> Input records:
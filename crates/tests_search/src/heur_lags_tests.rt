ghost use Rattle.std.specs.Prelude.{IfSome};
ghost use Rattle.own_plan.specs.Made.{IsMade};

use fixtures::{Item, PLAIN, Resource, instance};
use heur_lags::{has_free_lots, improved_lagged, lagged_plan};
use lot_model::Instance;
use plan_rules::{Grid, Planned, complete_at_cost};
use std::alloc::Global;
use std::process::Abort;

// Boards that arrive a period after the saw starts them: a setup of 5, 2 a unit, and 1 a unit in stock.
const BOARD: Item<'static> = Item {
    name: "board",
    demand: &[0, 10, 0, 10],
    unit_cost: &[2],
    setup_cost: &[5],
    hold_cost: &[1],
    lead: 1,
    uses: &[("saw", 1, 2)],
    ..PLAIN
};

// Boards, with so many minutes at the saw in each period: a unit takes one, and a setup two.
fn boards(rt: &impl Abort, alloc: Global, board: Item<'_>, minutes: i64) -> Instance {
    let saw = Resource {
        name: "saw",
        capacity: &[minutes],
    };
    instance(alloc, 4, &[saw], &[board]).expect(rt, "an instance")
}

// What the plan costs that a walk from no lots finds.
fn walked_cost(rt: &impl Abort, alloc: Global, instance: &Instance) -> Option<u128> {
    let found = lagged_plan(alloc, instance, 1, 1_000_000).expect(rt, "memory");
    found.map(|planned| planned.cost)
}

// A plan with one lot of 20 in the first period, if it is feasible.
fn one_lot(rt: &impl Abort, alloc: Global, instance: &Instance) -> Option<Planned>
    ensures { IfSome result (IsMade instance.now) }
{
    let mut make = Grid::filled(alloc, instance.items(), instance.periods(), 0).expect(
        rt, "memory",
    );
    let mut setup = Grid::filled(alloc, instance.items(), instance.periods(), 0).expect(
        rt, "memory",
    );
    if instance.items() > 0 && instance.periods() > 0 {
        make.set(1, 1, 20);
        setup.set(1, 1, 1);
    }
    complete_at_cost(alloc, instance, make, setup).expect(rt, "memory")
}

// 20 units for 40, with two setups, or with one and ten units for two periods in stock where each lot has at least 12.
#[test]
fn lots_start_before_they_are_asked_for(rt: HostRuntime) {
    let alloc = rt.alloc();
    let free = boards(&rt, alloc, BOARD, 30);
    assert_eq!(rt; walked_cost(&rt, alloc, &free), Some(50));
    let bound = Item {
        min_lot: 12,
        ..BOARD
    };
    let large = boards(&rt, alloc, bound, 30);
    assert_eq!(rt; walked_cost(&rt, alloc, &large), Some(65));
}

// The saw has time for no lot of 12, and the first period can't wait for a lot.
#[test]
fn there_is_no_walk_to_what_is_impossible(rt: HostRuntime) {
    let alloc = rt.alloc();
    let bound = Item {
        min_lot: 12,
        ..BOARD
    };
    let short = boards(&rt, alloc, bound, 13);
    assert_eq!(rt; walked_cost(&rt, alloc, &short), None);
    let early = Item {
        demand: &[1, 0, 0, 0],
        ..BOARD
    };
    let late = boards(&rt, alloc, early, 30);
    assert_eq!(rt; walked_cost(&rt, alloc, &late), None);
}

// What a walk from that plan finds.
fn walked_from_one_lot(rt: &impl Abort, alloc: Global, instance: &Instance) -> Option<Planned>
    ensures { IfSome result (IsMade instance.now) }
{
    match one_lot(rt, alloc, instance) {
        Some(begun) => improved_lagged(alloc, instance, &begun, 1, 1_000_000).expect(rt, "memory"),
        None => None,
    }
}

// What a walk from what that one finds costs.
fn walked_twice(rt: &impl Abort, alloc: Global, instance: &Instance) -> Option<u128> {
    match walked_from_one_lot(rt, alloc, instance) {
        Some(found) => {
            let again = improved_lagged(alloc, instance, &found, 1, 1_000_000).expect(rt, "memory");
            again.map(|planned| planned.cost)
        }
        None => Some(0),
    }
}

// Two setups in the place of one, and then nothing better.
#[test]
fn walks_go_on_from_plans(rt: HostRuntime) {
    let alloc = rt.alloc();
    let free = boards(&rt, alloc, BOARD, 30);
    assert_eq!(rt;
        one_lot(&rt, alloc, &free).map(|planned| planned.cost),
        Some(65)
    );
    assert_eq!(rt;
        walked_from_one_lot(&rt, alloc, &free).map(|planned| planned.cost),
        Some(50)
    );
    assert_eq!(rt; walked_twice(&rt, alloc, &free), None);
}

// Without a lead time, where plans make 20 boards in all.
#[test]
fn lots_are_free_where_no_bound_binds(rt: HostRuntime) {
    let alloc = rt.alloc();
    let now = Item { lead: 0, ..BOARD };
    for (board, is_free) in [
        (now, true),
        (Item { min_lot: 1, ..now }, true),
        (Item { min_lot: 2, ..now }, false),
        (
            Item {
                max_lot: Some(20),
                ..now
            },
            true,
        ),
        (
            Item {
                max_lot: Some(19),
                ..now
            },
            false,
        ),
        (BOARD, false),
    ] {
        let model = boards(&rt, alloc, board, 30);
        assert_eq!(rt; has_free_lots(&model), is_free);
    }
}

> What is expected:
Of the lines above, show those in which "stock" appears.

> Task output:
// Boards that arrive a period after the saw starts them: a setup of 5, 2 a unit, and 1 a unit in stock.
// 20 units for 40, with two setups, or with one and ten units for two periods in stock where each lot has at least 12.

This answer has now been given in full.